Re: [vpp-dev] Requirement on Load Balancer plugin for VPP

[Thomas F Herbert]

On 04/25/2017 04:45 AM, Zhou, Danny wrote:

Thanks Pierre, comments inline.

*From:*Pierre Pfister (ppfister) [mailto:ppfis...@cisco.com]
*Sent:* Tuesday, April 25, 2017 4:11 PM
*To:* Ni, Hongjun <hongjun...@intel.com>
*Cc:* Zhou, Danny <danny.z...@intel.com>; Ed Warnicke 
<hagb...@gmail.com>; Li, Johnson <johnson...@intel.com>; 
vpp-dev@lists.fd.io
*Subject:* Re: [vpp-dev] Requirement on Load Balancer plugin for VPP

    Le 25 avr. 2017 à 09:52, Ni, Hongjun <hongjun...@intel.com
    <mailto:hongjun...@intel.com>> a écrit :

    Hi Pierre,

    For LB distribution case, I think we could assign a node IP for
    each LB box.

    When received packets from client, LB will do both SNAT and DNAT.
    i.e. source IP -> LB’s Node IP, destination IP -> AS’s IP.

    When returned packets from AS, LB also do both DNAT and SNAT. i.e.
    source IP -> AS’s IP, destination IP -> Client’s IP.

Does NSH solve this problem solve this problem of transparently 
forwarding the traffic.

I see.

Doing so you completely hide the client's source address from the 
application.

You also require per-connexion binding at the load balancer (MagLev 
does per-connexion binding, but in a way which allows for hash 
collisions, because it is not a big deal if two flows use the same 
entry in the hash table.
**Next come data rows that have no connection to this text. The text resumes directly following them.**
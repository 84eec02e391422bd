// Single numbers, as they are read.
use fault::Stop;
use preset::read_number;
use std::test::Fail;

#[test]
fn groups_of_seven_bits(rt: HostRuntime) -> Result<(), Fail> {
    let (value, rest) = read_number(&[0x82, 0x2c, 7], 0)?;
    assert_eq!(rt; value, 300);
    assert_eq!(rt; rest.len(), 1);
    let (value, rest) = read_number(&[0x8f, 0xff, 0xff, 0xff, 0x7f], 0)?;
    assert_eq!(rt; value, 4_294_967_295);
    assert_eq!(rt; rest.len(), 0);
    Ok(())
}

#[test]
fn misspelt_and_cut_short(rt: HostRuntime) {
    let misspelt = Stop::Misspelt.at(4);
    let cut = Stop::CutShort.at(4);
    assert_eq!(rt; read_number(&[0x80], 4), Err(misspelt));
    assert_eq!(rt; read_number(&[0x80, 0x00], 4), Err(misspelt));
    assert_eq!(rt;
        read_number(&[0x90, 0x80, 0x80, 0x80, 0x00], 4),
        Err(misspelt)
    );
    assert_eq!(rt;
        read_number(&[0x81, 0x80, 0x80, 0x80, 0x80], 4),
        Err(misspelt)
    );
    assert_eq!(rt; read_number(&[0x90, 0x80, 0x80, 0x80], 4), Err(cut));
    assert_eq!(rt; read_number(&[0x81], 4), Err(cut));
    assert_eq!(rt; read_number(&[], 4), Err(cut));
}
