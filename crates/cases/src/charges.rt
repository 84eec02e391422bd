// Charges added, turned and compared.
use charge::{Both, Cents, Channels, Charge, Pitch, Voices, difference};

#[test]
fn voices_wrap(rt: HostRuntime) {
    let most = Voices { count: i64::MAX };
    assert_eq!(rt; most.plus(Voices { count: 1 }).count, i64::MIN);
    assert_eq!(rt; Voices { count: i64::MIN }.opposite().count, i64::MIN);
    assert!(rt;
        Voices {
            count: 2_147_483_647,
        }
        .is_entry()
    );
    assert!(rt;
        !Voices {
            count: 2_147_483_648,
        }
        .is_entry()
    );
    assert!(rt;
        Voices {
            count: -2_147_483_648,
        }
        .is_entry()
    );
}

// A pitch class, or the first where there is no such class.
fn pitch(class: u8) -> Pitch {
    Pitch::new(class).unwrap_or(Pitch::zero())
}

#[test]
fn pitch_classes_turn(rt: HostRuntime) {
    let fifth = pitch(7);
    assert_eq!(rt; fifth.plus(fifth).class(), 2);
    assert_eq!(rt; fifth.opposite().class(), 5);
    assert_eq!(rt; Pitch::zero().opposite().class(), 0);
    assert!(rt; Pitch::new(12).is_none());
}

#[test]
fn channels_toggle(rt: HostRuntime) {
    let low = Channels { bits: 0b0011 };
    let mid = Channels { bits: 0b0110 };
    assert_eq!(rt; low.plus(mid).bits, 0b0101);
    assert!(rt; low.plus(low).same(Channels::zero()));
}

#[test]
fn both_parts_by_themselves(rt: HostRuntime) {
    let chord = Both {
        voices: Voices { count: 3 },
        pitch: pitch(11),
    };
    let none = difference(chord, chord);
    assert!(rt; none.same(Both::zero()));
    assert_eq!(rt; chord.plus(chord).voices.count, 6);
    assert_eq!(rt; chord.plus(chord).pitch.class(), 10);
}

#[test]
fn cents_carry_and_borrow(rt: HostRuntime) {
    let sharp = Cents { digits: 0x0950 };
    assert_eq!(rt; sharp.plus(Cents { digits: 0x0099 }).digits, 0x1049);
    assert_eq!(rt; sharp.plus(Cents { digits: 0x0250 }).digits, 0);
    assert_eq!(rt; sharp.opposite().digits, 0x0250);
    assert_eq!(rt; Cents::zero().opposite().digits, 0);
    assert!(rt; Cents { digits: 0x1199 }.is_entry());
    assert!(rt; !Cents { digits: 0x1200 }.is_entry());
}

// Digits above 9, and values from an octave on, mean what they stand for modulo 1,200.
#[test]
fn cents_of_any_digits(rt: HostRuntime) {
    let odd = Cents { digits: 0xa00f };
    assert!(rt; !odd.is_entry());
    assert_eq!(rt; odd.value(), 10_015);
    assert!(rt; odd.same(Cents { digits: 0x0415 }));
    assert_eq!(rt; odd.plus(Cents::zero()).digits, 0x0415);
    assert_eq!(rt; Cents::new(415), Some(Cents { digits: 0x0415 }));
    assert!(rt; Cents::new(1_200).is_none());
}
This allows for smaller and fixed size hash 
table, which also provides a performance advantage to MagLev).

In my humble opinion, using SNAT+DNAT is a terribly bad idea, so I 
would advise you to reconsider finding a way to either:

- Enable any type of packet tunneling protocol in your ASs (IPinIP, 
L2TP, whatever-other-protocol, and extend VPP's LB plugin with the one 
you pick).

- Put some box closer to the ASs (bump in the wire) for decap.
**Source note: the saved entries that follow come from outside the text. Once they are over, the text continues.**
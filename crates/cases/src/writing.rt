// Presets written.
use crate::numbers;
use preset::{Entry, Header, write_preset};

const RULE_184: [u8; 8] = [0, 0, 0, 1, 1, 1, 0, 1];

const WEIGHTS: [Entry; 2] = [
    Entry {
        signed: 0,
        plain: 0,
    },
    Entry {
        signed: 1,
        plain: 0,
    },
];

const VOICES: Header = Header {
    kind: 0,
    q: 2,
    n: 3,
    l: 1,
    k: 1,
};

fn entry(signed: i64, plain: u64) -> Entry {
    Entry { signed, plain }
}

// How many bytes were written, or the code and the place of the refusal.
fn written(
    header: Header,
    letters: &[u8],
    entries: &[Entry],
    out: &mut [u8],
) -> Result<usize, (u8, usize)> {
    write_preset(header, letters, entries, out).map_err(numbers)
}

#[test]
fn rule_184(rt: HostRuntime) {
    let mut out = [9u8; 16];
    assert_eq!(rt; written(VOICES, &RULE_184, &WEIGHTS, &mut out), Ok(15));
    assert_eq!(rt; out, [0, 2, 3, 1, 1, 0, 0, 0, 1, 1, 1, 0, 1, 0, 2, 9]);
}

// Entries of two and of five bytes: they are sent as 300 and as the largest number.
#[test]
fn groups_of_seven_bits(rt: HostRuntime) {
    let entries = [entry(150, 0), entry(-2_147_483_648, 0)];
    let mut out = [9u8; 21];
    assert_eq!(rt;
        written(VOICES, &RULE_184, &entries, &mut out[0..19]),
        Err((12, 0))
    );
    assert_eq!(rt; out, [9; 21]);
    assert_eq!(rt; written(VOICES, &RULE_184, &entries, &mut out), Ok(20));
    assert_eq!(rt;
        out,
        [
            0, 2, 3, 1, 1, 0, 0, 0, 1, 1, 1, 0, 1, 0x82, 0x2c, 0x8f, 0xff, 0xff, 0xff, 0x7f, 9
        ]
    );
}

fn header(kind: u64, q: u64, n: u64, l: u64, k: u64) -> Header {
    Header { kind, q, n, l, k }
}

#[test]
fn header_refusals(rt: HostRuntime) {
    let mut out = [9u8; 16];
    let refused = [
        (header(5, 9, 3, 1, 1), 3),
        (header(0, 9, 13, 1, 1), 4),
        (header(0, 2, 13, 13, 1), 5),
        (header(0, 2, 3, 3, 13), 6),
        (header(0, 2, 3, 1, 13), 7),
        (header(0, 8, 4, 1, 2), 9),
    ];
    for (header, code) in refused {
        assert_eq!(rt;
            written(header, &RULE_184, &WEIGHTS, &mut out),
            Err((code, 0))
        );
    }
    assert_eq!(rt; out, [9; 16]);
}

#[test]
fn strip_refusals(rt: HostRuntime) {
    let mut out = [9u8; 14];
    assert_eq!(rt;
        written(VOICES, &RULE_184[0..7], &WEIGHTS, &mut out),
        Err((12, 0))
    );
    assert_eq!(rt;
        written(VOICES, &RULE_184, &WEIGHTS[0..1], &mut out),
        Err((12, 0))
    );
    assert_eq!(rt;
        written(VOICES, &[0, 0, 2, 1, 1, 1, 0, 3], &WEIGHTS, &mut out),
        Err((14, 2))
    );
    let heavy = [entry(0, 0), entry(2_147_483_648, 0)];
    assert_eq!(rt; written(VOICES, &RULE_184, &heavy, &mut out), Err((15, 1)));
    let mixed = [entry(0, 1), entry(0, 0)];
    assert_eq!(rt; written(VOICES, &RULE_184, &mixed, &mut out), Err((15, 0)));
    assert_eq!(rt;
        written(VOICES, &RULE_184, &WEIGHTS, &mut out),
        Err((12, 0))
    );
    assert_eq!(rt; out, [9; 14]);
}
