// The sets of a graph, that the walk goes by.
#![tactic(auto)]

ghost use Rattle.std.specs.Prelude.{◌≡◌, true, false, ◌↔◌, ℕ, ◌<◌, ◌≤◌, length};
ghost use Rattle.flags.specs.Flag.{flag};
ghost use Rattle.graph.specs.Tests.{want_of};
ghost use Rattle.graph.specs.Limits.{most_nodes, most_edges, most_rules};
ghost use Rattle.graph.specs.Value.{Ends};
ghost use Rattle.sets.specs.Whole.{whole, rows};
ghost use Rattle.words.specs.Words.{listed, Led, label_at, fit_in};
ghost use Rattle.words.specs.Rows.{matchb, nearb, namesb, part, RowOf, Rights};

use graph::{Edge, Graph, Label, Node, Rule, Side, Want};
use sets::{Set, both, either, none, put_in};

// A set for each node.
pub type Sets = [Set; Graph::NODES];

// Whether a side matches a label, whatever its variable stands for.
fn matches(side: Side, l: Label) -> bool
    ensures { result ≡ matchb (want_of side l) }
{
    !matches!(side.wants(l), Want::Never)
}

// Whether two labels have one address.
fn near(l: Label, m: Label) -> bool
    ensures { result ≡ nearb l m }
{
    match (l, m) {
        (Label::Store(a) | Label::Load(a), Label::Store(b) | Label::Load(b)) => a == b,
        _ => false,
    }
}

// Whether a side has the variable x.
fn names(side: Side, x: u8) -> bool
    ensures { result ≡ namesb side x }
{
    match side {
        Side::Is(Label::Store(y) | Label::Load(y)) => x == y,
        _ => false,
    }
}

// The nodes whose label passes a test.
fn labelled<F: Fn(Label) -> bool>(nodes: &[Node], test: F) -> Set
    requires { (length nodes.now ≤ most_nodes) × F.IsAlwaysCallable test }
    ensures among { (q : ℕ) → q < length nodes.now → F.post test (label_at nodes.now q) (flag (whole result) q) }
    ensures past { (q : ℕ) → length nodes.now ≤ q → flag (whole result) q ≡ false }
{
    let mut set = none();
    for (q, node) in nodes.iter().enumerate() {
        if test(node.label) {
            put_in(&mut set, q);
        }
    }
    set
}

// The nodes that a rule fits with one labelled l: `right` has those that its right side matches, `close` those at l's address.
fn fitted(rule: Rule, l: Label, right: Set, close: Set) -> Set
    ensures { (q : ℕ) → flag (whole result) q ≡ part (want_of rule.left l) rule.right (flag (whole right) q) (flag (whole close) q) }
{
    match rule.left.wants(l) {
        Want::Never => none(),
        Want::Var(x, _) if names(rule.right, x) => both(right, close),
        _ => right,
    }
}

// The nodes that some rule fits with one labelled l: `rights` has for each rule the nodes that its right side matches.
fn row_of(rights: &[Set; Graph::RULES], rules: &[Rule], l: Label, close: Set) -> Set
    requires { length rules.now ≤ most_rules }
    ensures { RowOf (rows rights.now) rules.now l (whole close) (length rules.now) (whole result) }
{
    let mut row = none();
    // by index beside the rules: the array is longer than their list
    for (i, rule) in rules.iter().enumerate() {
        // named first: storing this call's result straight back is not covered by the check
        let more = either(row, fitted(*rule, l, rights[i], close));
        row = more;
    }
    row
}

// For each rule the nodes that its right side matches.
fn rights_of(nodes: &[Node], rules: &[Rule]) -> [Set; Graph::RULES]
    requires { (length nodes.now ≤ most_nodes) × (length rules.now ≤ most_rules) }
    ensures { Rights nodes.now rules.now (length rules.now) (rows result) }
{
    let mut rights = [none(); Graph::RULES];
    // by index: the entries past the list stay empty
    for (i, rule) in rules.iter().enumerate() {
        rights[i] = labelled(nodes, |l| matches(rule.right, l));
    }
    rights
}

// For each node those such that one of the rules fits their labels.
pub fn fits_of(nodes: &[Node], rules: &[Rule]) -> Sets
    requires { (length nodes.now ≤ most_nodes) × (length rules.now ≤ most_rules) }
    ensures { (p q : ℕ) → listed (rows result) p q ≡ fit_in nodes.now rules.now p q }
{
    let rights = rights_of(nodes, rules);
    let mut words = [none(); Graph::NODES];
    // by index: the entries past the list stay empty
    for (p, node) in nodes.iter().enumerate() {
        let close = labelled(nodes, |m| near(node.label, m));
        words[p] = row_of(&rights, rules, node.label, close);
    }
    words
}

// For each node the set of the nodes that an edge leads to.
pub fn succ_of(edges: &[Edge]) -> Sets
    requires { (length edges.now ≤ most_edges) × Ends edges.now }
    ensures { (p q : ℕ) → (listed (rows result) p q ≡ true) ↔ Led edges.now (length edges.now) p q }
{
    let mut words = [none(); Graph::NODES];
    for edge in edges {
        let from = usize::from(edge.from);
        let to = usize::from(edge.to);
        put_in(&mut words[from], to);
    }
    words
}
- If your routers support MPLS, you could also use it as encap.

*/[Zhou, Danny] In a cloud environment where hundreds of or thousands 
of ASs are dynamically deployed in a VM or a container, it is not easy 
for orchestrator (within global view) to find a close enough boxes to 
be configured automatically in order to offload encap/decap works. 
Mostly like, it will be still software to do the encap/decap work. 
Secondly, if we are target small packet line rate performance, adding 
the tunnel heads increases the total packet size hence decrease the 
packet efficiency and cause packet loss. I would consider adding GRE 
tunnels for LB is like abuse of tunneling protocol, as those tunneling 
protocols are not designed for this case. SNAT + DNA has its own 
disadvantage, but they are widely used in software centric Cloud 
environment orchestrated by Openstack or Kubernetes./*

If you really want to use SNAT+DNAT (god forbid), and are willing to 
suffer (or somehow like suffering), you may try to:

- Use VPP's SNAT on the client-facing interface. The SNAT will just 
change clients source addresses to one of LB's source addresses.
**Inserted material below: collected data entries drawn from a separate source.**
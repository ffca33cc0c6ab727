// First schedules and rotations of a form that is lent: bodies by the list rule, with the retiming that fits them.
#![tactic(auto)]

ghost use Rattle.std.specs.Prelude.{◌≡◌, ℕ, ◌+◌, ◌-◌, ◌≤◌, ◌<◌, leb, get_or, replicate};
ghost use Rattle.lists.specs.Pick.{pick};
ghost use Rattle.lists.specs.Filled.{filled};
ghost use Rattle.form.specs.declared.Form.{Form};
ghost use Rattle.legal.specs.Loop.{Loop, Pair, latency as latency_in};
ghost use Rattle.tables.specs.Edges.{EndsIn};
ghost use Rattle.tables.specs.Times.{SoundTimes, times_of};
ghost use Rattle.list_rule.specs.Rule.{list_rule_of, length_of};
ghost use Rattle.list_rule.specs.Tables.{EndsInBody};
ghost use Rattle.plans.specs.Pairs.{times_with};
ghost use Rattle.turning.specs.Rotation.{first_form, turned_form, rotated_or};
ghost use Rattle.turning.specs.Lending.{EndSoon, PlaceableBy, UnknottedBy, TurnableBy};

use form::Edges;
use tables::Timetable;

// The length of a body: the last step in which a node that starts as given is at work.
fn length_of(nodes: u8, latency: &[u8; 64], start: &[u16; 64]) -> u16
    requires { EndSoon nodes latency.now start.now }
    ensures { (g : Loop) → g.graph.nodes ≡ nodes → ((v : ℕ) → v < nodes → latency_in g v ≡ get_or latency.now v 0) → result ≡ length_of g start.now }
{
    let mut last: u16 = 0;
    for v in 0..nodes {
        let i = v as usize;
        let end = start[i] + latency[i] as u16 - 1;
        last = last.max(end);
    }
    last
}

// The timetable with the starts, length and retimings given.
fn with_pair(mut times: Timetable, start: [u16; 64], length: u16, retiming: [u8; 64]) -> Timetable
    ensures { result ≡ times_with times start length retiming }
{
    times.length = length;
    times.start = start;
    times.retiming = retiming;
    times
}

// The timetable with its nodes placed by the list rule, its length taken anew, and retimings 0.
fn placed(edges: Edges, times: Timetable) -> Timetable
    requires ends { EndsIn times.nodes edges × SoundTimes times × EndsInBody times }
    requires placeable { (g : Loop) × ((p : Pair) × PlaceableBy g p edges times) }
    ensures { (g : Loop) (p : Pair) → PlaceableBy g p edges.entry times → result ≡ times_with times (list_rule_of g p.retiming times.start) (length_of g (list_rule_of g p.retiming times.start)) (replicate 64 0) }
{
    let start = list_rule::list_rule(edges, times);
    let length = length_of(times.nodes, &times.latency, &start);
    with_pair(times, start, length, [0; 64])
}

// The timetable of the form's first schedule: the list rule with all retimings 0.
pub fn first_times(edges: Edges, times: Timetable) -> Timetable
    requires { (f : Form) × UnknottedBy f edges times }
    ensures { (f : Form) → UnknottedBy f edges.entry times → result ≡ times_of (first_form f) }
{
    let bare = with_pair(times, [0; 64], 0, [0; 64]);
    placed(edges, bare)
}

// The starts of the nodes less so many steps; 0 is a node to place anew, and stands past the nodes.
fn dropped(nodes: u8, start: &[u16; 64], steps: u16) -> [u16; 64]
    requires { nodes ≤ 64 }
    ensures { result ≡ filled 64 (λ v. get_or start.now v 0 - steps) nodes }
{
    let mut lower = [0u16; 64];
    for v in 0..nodes {
        let i = v as usize;
        lower[i] = start[i].saturating_sub(steps);
    }
    lower
}

// A retiming, 1 more where the node starts in the first steps.
fn gain(retiming: u8, start: u16, steps: u16) -> u8
    requires { retiming ≤ 63 }
    ensures { result ≡ retiming + pick (leb start steps) 1 0 }
{
    if start <= steps {
        return retiming + 1;
    }
    retiming
}

// The retimings of the nodes, 1 more for those that start in the first steps; 0 past the nodes.
fn gained(nodes: u8, retiming: &[u8; 64], start: &[u16; 64], steps: u16) -> [u8; 64]
    requires { (nodes ≤ 64) × ((v : ℕ) → v < nodes → get_or retiming.now v 0 ≤ 63) }
    ensures { result ≡ filled 64 (λ v. get_or retiming.now v 0 + pick (leb (get_or start.now v 0) steps) 1 0) nodes }
{
    let mut raised = [0u8; 64];
    for v in 0..nodes {
        let i = v as usize;
        raised[i] = gain(retiming[i], start[i], steps);
    }
    raised
}

// The timetable of the form with its starts rotated, its length taken anew, and retimings 0.
fn turn_times(edges: Edges, times: Timetable, steps: u16) -> Timetable
    requires { (f : Form) × TurnableBy f edges times steps }
    ensures { (f : Form) → TurnableBy f edges.entry times steps → result ≡ times_of (turned_form f steps) }
{
    let lower = dropped(times.nodes, &times.start, steps);
    let raised = gained(times.nodes, &times.retiming, &times.start, steps);
    let bare = with_pair(times, lower, 0, raised);
    placed(edges, bare)
}

// The timetable of the form rotated by so many steps; no retiming is fitted to more than 512 steps.
pub fn rotate_times(edges: Edges, times: Timetable, steps: u16) -> Timetable
    requires { (f : Form) × TurnableBy f edges times steps }
    ensures { (f : Form) → TurnableBy f edges.entry times steps → result ≡ times_of (rotated_or f steps) }
{
    let mut turned = turn_times(edges, times, steps);
    if 512 < turned.length {
        return turned;
    }
    // starts that the list rule made always fit
    let retiming = fit::fit_starts(edges, turned).unwrap_or([0; 64]);
    turned.retiming = retiming;
    turned
}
- Extend VPP's LB plugin to support DNAT "encap".

- Extend VPP's LB plugin to support return traffic and stateless SNAT 
base on LB flow table (And find a way to make that work on multiple 
cores...).

The client->AS traffic, in VPP, would do ---> client-facing-iface --> 
SNAT --> LB(DNAT) --> AS-facing-iface

The AS->client traffic, in VPP, would do ---> AS-facing-iface --> 
LB(Stateless SNAT) --> SNAT Plugin (doing DNAT-back) --> 
client-facing-iface

Now the choice is all yours.

But I will have warned you.

Cheers,

- Pierre



    Thanks,

    Hongjun

    *From:*Pierre Pfister (ppfister) [mailto:ppfis...@cisco.com]
    *Sent:*Tuesday, April 25, 2017 3:12 PM
    *To:*Zhou, Danny <danny.z...@intel.com <mailto:danny.z...@intel.com>>
    *Cc:*Ni, Hongjun <hongjun...@intel.com
    <mailto:hongjun...@intel.com>>; Ed Warnicke <hagb...@gmail.com
    <mailto:hagb...@gmail.com>>; Li, Johnson <johnson...@intel.com
    <mailto:johnson...@intel.com>>; vpp-dev@lists.fd.io
    <mailto:vpp-dev@lists.fd.io>
    *Subject:*Re: [vpp-dev] Requirement on Load Balancer plugin for VPP

    Hello all,

    As mentioned by Ed, introducing return traffic would dramatically
    reduce the performance of the solution.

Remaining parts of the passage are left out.